Это городская легенда: в подвале Большого дома стояла огромная мясорубка, которая перемалывала людей, кровоток был проложен к Неве
Но, хоть мясорубки и не было, людей все равно расстреливали – считалось, что там же, в тюрьме Большого дома. Однако по предписаниям на расстрел мы видим, что перед расстрелом люди часто находились не в ДПЗ (доме предварительного заключения, тюрьме госбезопасности), а в ОДПЗ – ее отделении, на Воинова, 25 (сейчас это Шпалерная, 25). И был еще один адрес – ОДПЗ на Нижегородской, 39, бывшая военная тюрьма. Это вторые “Кресты”, изолятор “Лебедевка”, поскольку теперь это улица Академика Лебедева. Всех приговоренных жителей области сразу туда и везли, там и расстреливали. Почему? А представьте фургоны, вывозящие окровавленные тела из Большого дома: это все-таки центр города. А вот та тюрьма – на отшибе, в тупике, туда фургоны свободно подъезжают, железнодорожные составы с заключенными разгружаются прямо в раскрытые ворота, и тела оттуда увозят прямо в Левашово, на спецобъект, созданный, безусловно, по типовому плану (только эти планы, конечно, не опубликованы).
Вообще, большинство документов, связанных с Большим террором, до сих пор не обнародованы: ни инструкция о порядке расстрела, ни о местах погребения, ни типовое следственное дело, которое рассылалось в 1937 году вместе с приказом 00447. Образец следственного дела существовал – отсюда они такие шаблонные протоколы – по нему и шло упрощенное следствие.
Насильственная смерть не была чем-то сакральным для людей, которые пришли к власти в 1917 году. А в центре этого первого в мире так называемого государства рабочих и крестьян решили соорудить великую могилу.
– Ксения Константиновна, вы думали об этих вещах, когда готовили свою лекцию, когда говорили с людьми в музее?
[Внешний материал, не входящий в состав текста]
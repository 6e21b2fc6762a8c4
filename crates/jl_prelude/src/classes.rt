//! What a key is for, in each context that may be that of the object.
ghost use Rattle.std.specs.Prelude.{◌≡◌, ℕ, List, [], ◌∷◌};
ghost use Rattle.jl_defs.specs.Context.{Context};
ghost use Rattle.jl_defs.specs.Keys.{key_by, key_of, keyword_key};
ghost use Rattle.jl_prelude.specs.Classes as spec;
ghost use Rattle.jl_prelude.specs.Classes.{class_of, Tell};

use jl_model::Expanded;

/// What a key is for, in one context.
#[derive(Clone, Copy, Debug, PartialEq, Eq)]
pub enum Class {
    /// `@type`.
    Kind,
    /// `@id`.
    Identifier,
    /// `@index`, `@language` or `@direction`.
    Aside,
    /// `@value`.
    Value,
    /// Anything else.
    Other,
}

/// A key's class in each context that may be that of the object. In one that isn't there, or that is
/// at fault, it is `Other`.
#[derive(Clone, Copy, Debug, PartialEq, Eq)]
pub struct Classes {
    /// In the context outside the object, where the object may go back to the one before.
    pub incoming: Class,
    /// In the type-scoped base, as if the context outside were kept.
    pub kept: Class,
    /// In the type-scoped base, as if the object had gone back.
    pub reverted: Class,
}

impl Class {
    /// The class of a key that expands to this, in the context in which it was expanded.
    pub fn of(expanded: &Expanded) -> Class
        ensures { result ≡ class_of (key_by expanded.now) }
    {
        match expanded {
            Expanded::Null => Class::Other,
            Expanded::Keyword(keyword) => class_of_keyword(keyword.bytes()),
            Expanded::Name(_) => Class::Other,
        }
    }

    /// Whether the key is one of the six keywords with which an object may begin.
    fn is_leading(self) -> bool
        ensures { result ≡ spec.is_leading self }
    {
        match self {
            Class::Other => false,
            _ => true,
        }
    }

    fn is_kind(self) -> bool
        ensures { result ≡ spec.is_kind self }
    {
        match self {
            Class::Kind => true,
            _ => false,
        }
    }

    pub(crate) fn is_identifier(self) -> bool
        ensures { result ≡ spec.is_identifier self }
    {
        match self {
            Class::Identifier => true,
            _ => false,
        }
    }
}

impl Classes {
    /// The classes of a key where one context alone may be that of the object.
    pub fn same(class: Class) -> Classes
        ensures classes { result ≡ record { incoming = class; kept = class; reverted = class } }
        ensures tell { (context : Context) (name : List ℕ) → class ≡ class_of (key_of context name)
            → Tell (context ∷ []) name result }
    {
        Classes {
            incoming: class,
            kept: class,
            reverted: class,
        }
    }

    /// Whether a member of these classes, whose value begins with this byte, may stand in a prelude.
    pub(crate) fn lead(self, first: u8) -> bool
        ensures { result ≡ spec.leads self first }
    {
        match first {
            b'{' => false,
            b'[' => self.some_kind(),
            _ => self.some_leading(),
        }
    }

    fn some_leading(self) -> bool
        ensures { result ≡ spec.some_leading self }
    {
        self.incoming.is_leading() || self.kept.is_leading() || self.reverted.is_leading()
    }

    fn some_kind(self) -> bool
        ensures { result ≡ spec.some_kind self }
    {
        self.incoming.is_kind() || self.kept.is_kind() || self.reverted.is_kind()
    }
}

/// The class of a keyword. It takes no memory.
#[tactic(auto, using(crate::proofs::ClassLemmas::keyword_class))]
pub fn class_of_keyword(keyword: &[u8]) -> Class
    ensures { result ≡ class_of (keyword_key keyword.now) }
{
    if keyword == b"@id".as_slice() {
        Class::Identifier
    } else if keyword == b"@type".as_slice() {
        Class::Kind
    } else if keyword == b"@value".as_slice() {
        Class::Value
    } else if is_aside(keyword) {
        Class::Aside
    } else {
        Class::Other
    }
}

fn is_aside(keyword: &[u8]) -> bool
    ensures { result ≡ spec.is_aside keyword.now }
{
    keyword == b"@language".as_slice()
        || keyword == b"@direction".as_slice()
        || keyword == b"@index".as_slice()
}
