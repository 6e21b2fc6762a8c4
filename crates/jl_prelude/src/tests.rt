//! What each call answers, in tables.

use super::*;
use jl_model::{Expanded, NoMemory, Order, Text};
use std::alloc::Global;
use std::test::Fail;

const OTHER: Class = Class::Other;

fn classes(incoming: Class, kept: Class, reverted: Class) -> Classes {
    Classes {
        incoming,
        kept,
        reverted,
    }
}

#[test]
fn a_member_ends_the_prelude_by_its_classes_and_its_first_byte(rt: HostRuntime) {
    let rows = [
        // Each of the six keywords leads a scalar.
        (Classes::same(Class::Kind), b'"', false),
        (Classes::same(Class::Identifier), b'"', false),
        (Classes::same(Class::Aside), b'n', false),
        (Classes::same(Class::Value), b'1', false),
        (Classes::same(OTHER), b'"', true),
        // An array stands under a key for types alone.
        (Classes::same(Class::Kind), b'[', false),
        (Classes::same(Class::Value), b'[', true),
        (Classes::same(Class::Identifier), b'[', true),
        // An object never stands in a prelude.
        (Classes::same(Class::Kind), b'{', true),
        // One context is enough.
        (classes(Class::Value, OTHER, OTHER), b'"', false),
        (classes(OTHER, Class::Kind, OTHER), b'[', false),
        (classes(OTHER, OTHER, Class::Identifier), b't', false),
        // The one for which it is a type is asked of an array.
        (classes(Class::Kind, Class::Value, OTHER), b'[', false),
        (
            classes(Class::Value, Class::Value, Class::Aside),
            b'[',
            true,
        ),
    ];
    let streaming = Prelude::new(rt.alloc(), Order::Streaming);
    let any = Prelude::new(rt.alloc(), Order::Any);
    for (classes, first, ends) in rows {
        assert_eq!(rt; streaming.decides(classes, first), ends);
        assert!(rt; !any.decides(classes, first));
    }
}

/// A prelude with members of these classes in the context outside, and no others.
fn prelude(alloc: Global, incoming: &[Class]) -> Result<Prelude, NoMemory> {
    let mut prelude = Prelude::new(alloc, Order::Streaming);
    for class in incoming {
        prelude.add(alloc, classes(*class, OTHER, OTHER), b"key", 1, b"\"x\"")?;
    }
    Ok(prelude)
}

#[test]
fn one_identifier_alone_is_single(rt: HostRuntime) -> Result<(), Fail> {
    let alloc = rt.alloc();
    assert!(rt; !prelude(alloc, &[])?.single_id());
    assert!(rt; prelude(alloc, &[Class::Identifier])?.single_id());
    assert!(rt; !prelude(alloc, &[Class::Kind])?.single_id());
    assert!(rt; !prelude(alloc, &[Class::Identifier, OTHER])?.single_id());
    assert!(rt; !prelude(alloc, &[OTHER, Class::Identifier])?.single_id());
    let mut kept = Prelude::new(alloc, Order::Streaming);
    kept.add(
        alloc,
        classes(OTHER, Class::Identifier, Class::Identifier),
        b"id",
        1,
        b"\"x\"",
    )?;
    assert!(rt; !kept.single_id());
    Ok(())
}

#[test]
fn keeps_members_in_their_order_and_their_weight(rt: HostRuntime) -> Result<(), Fail> {
    let alloc = rt.alloc();
    let mut prelude = Prelude::new(alloc, Order::Streaming);
    prelude.add(
        alloc,
        Classes::same(Class::Identifier),
        b"@id",
        1,
        b"\"http://a/s\"",
    )?;
    prelude.add(alloc, Classes::same(Class::Kind), b"@type", 20, b"[]")?;
    let state = prelude.state();
    assert_eq!(rt; state.weight, 38);
    assert_eq!(rt; state.members.slice().len(), 2);
    for (member, key, at, raw) in [
        (
            &state.members.slice()[0],
            b"@id".as_slice(),
            1,
            b"\"http://a/s\"".as_slice(),
        ),
        (
            &state.members.slice()[1],
            b"@type".as_slice(),
            20,
            b"[]".as_slice(),
        ),
    ] {
        assert_eq!(rt; member.key.bytes(), key);
        assert_eq!(rt; member.at, at);
        assert_eq!(rt; member.raw.bytes(), raw);
    }
    Ok(())
}

/// A state with one member of this key and this value, and this weight.
fn state(alloc: Global, key: &[u8], raw: &[u8], weight: u64) -> Result<PreludeState, NoMemory> {
    let mut members = PreludeMembers::new(alloc);
    members.push(PreludeMember {
        classes: Classes::same(Class::Identifier),
        key: Text::from_bytes(alloc, key)?,
        at: 1,
        raw: Text::from_bytes(alloc, raw)?,
    })?;
    Ok(PreludeState {
        order: Order::Any,
        members,
        weight,
    })
}

#[test]
fn goes_on_from_a_state_with_its_weight_alone(rt: HostRuntime) -> Result<(), Fail> {
    for (weight, goes_on) in [(14, true), (13, false), (15, false), (0, false)] {
        let state = state(rt.alloc(), b"@id", b"\"x\"", weight)?;
        assert_eq!(rt; Prelude::from_state(state).is_some(), goes_on);
    }
    match Prelude::from_state(state(rt.alloc(), b"@id", b"\"x\"", 14)?) {
        Some(prelude) => assert!(rt; prelude.single_id()),
        None => assert!(rt; false),
    }
    Ok(())
}

#[test]
fn a_class_is_that_of_the_keyword(rt: HostRuntime) -> Result<(), Fail> {
    let rows = [
        (b"@type".as_slice(), Class::Kind),
        (b"@id".as_slice(), Class::Identifier),
        (b"@value".as_slice(), Class::Value),
        (b"@index".as_slice(), Class::Aside),
        (b"@language".as_slice(), Class::Aside),
        (b"@direction".as_slice(), Class::Aside),
        // Keywords that lead nothing.
        (b"@context".as_slice(), OTHER),
        (b"@graph".as_slice(), OTHER),
        (b"@included".as_slice(), OTHER),
        (b"@none".as_slice(), OTHER),
    ];
    for (keyword, class) in rows {
        let expanded = Expanded::Keyword(Text::from_bytes(rt.alloc(), keyword)?);
        assert_eq!(rt; Class::of(&expanded), class);
    }
    assert_eq!(rt; Class::of(&Expanded::Null), OTHER);
    let name = Expanded::Name(Text::from_bytes(rt.alloc(), b"http://a/p")?);
    assert_eq!(rt; Class::of(&name), OTHER);
    Ok(())
}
– Конечно, и я думаю, что совершившееся зло неизбывно, трагедия не изжита, внутренняя работа не проведена. Когда шел разговор об Олейникове, вспомнили нолик на его могиле. Но я думаю, что это не знак вечности, а тот самый человек, который в огромном мире оказывается ноликом. Многие его стихи – о маленьких существах, которых мы давим, не замечая – это тараканы, бабочки, жучки. В его знаменитой поэме о таракане
Таракан сидит в стакане.
Ножку рыжую сосет.
Он попался. Он в капкане,
И теперь он казни ждет.
Он печальными глазами
На диван бросает взгляд,
Где с ножами, с топорами
Вивисекторы сидят.
А кто эти вивисекторы – да те самые люди, которые с кремлевской трибуны вещали о светлом будущем, и те, кто осуществляют их волю. “У стола лекпом хлопочет, // Инструменты протирая”, – видимо, этот лекпом и есть товарищ Сталин, – “И под нос себе бормочет // Песню "Тройка удалая". Наверное, эта тройка тут тоже не случайна: мне кажется, Николай Олейников имел в виду ту саму тройку, которая осудила и его, и многих других на страшную смерть. Эти стихи дают возможность, даже не читая архивных документов, понять, что там происходило.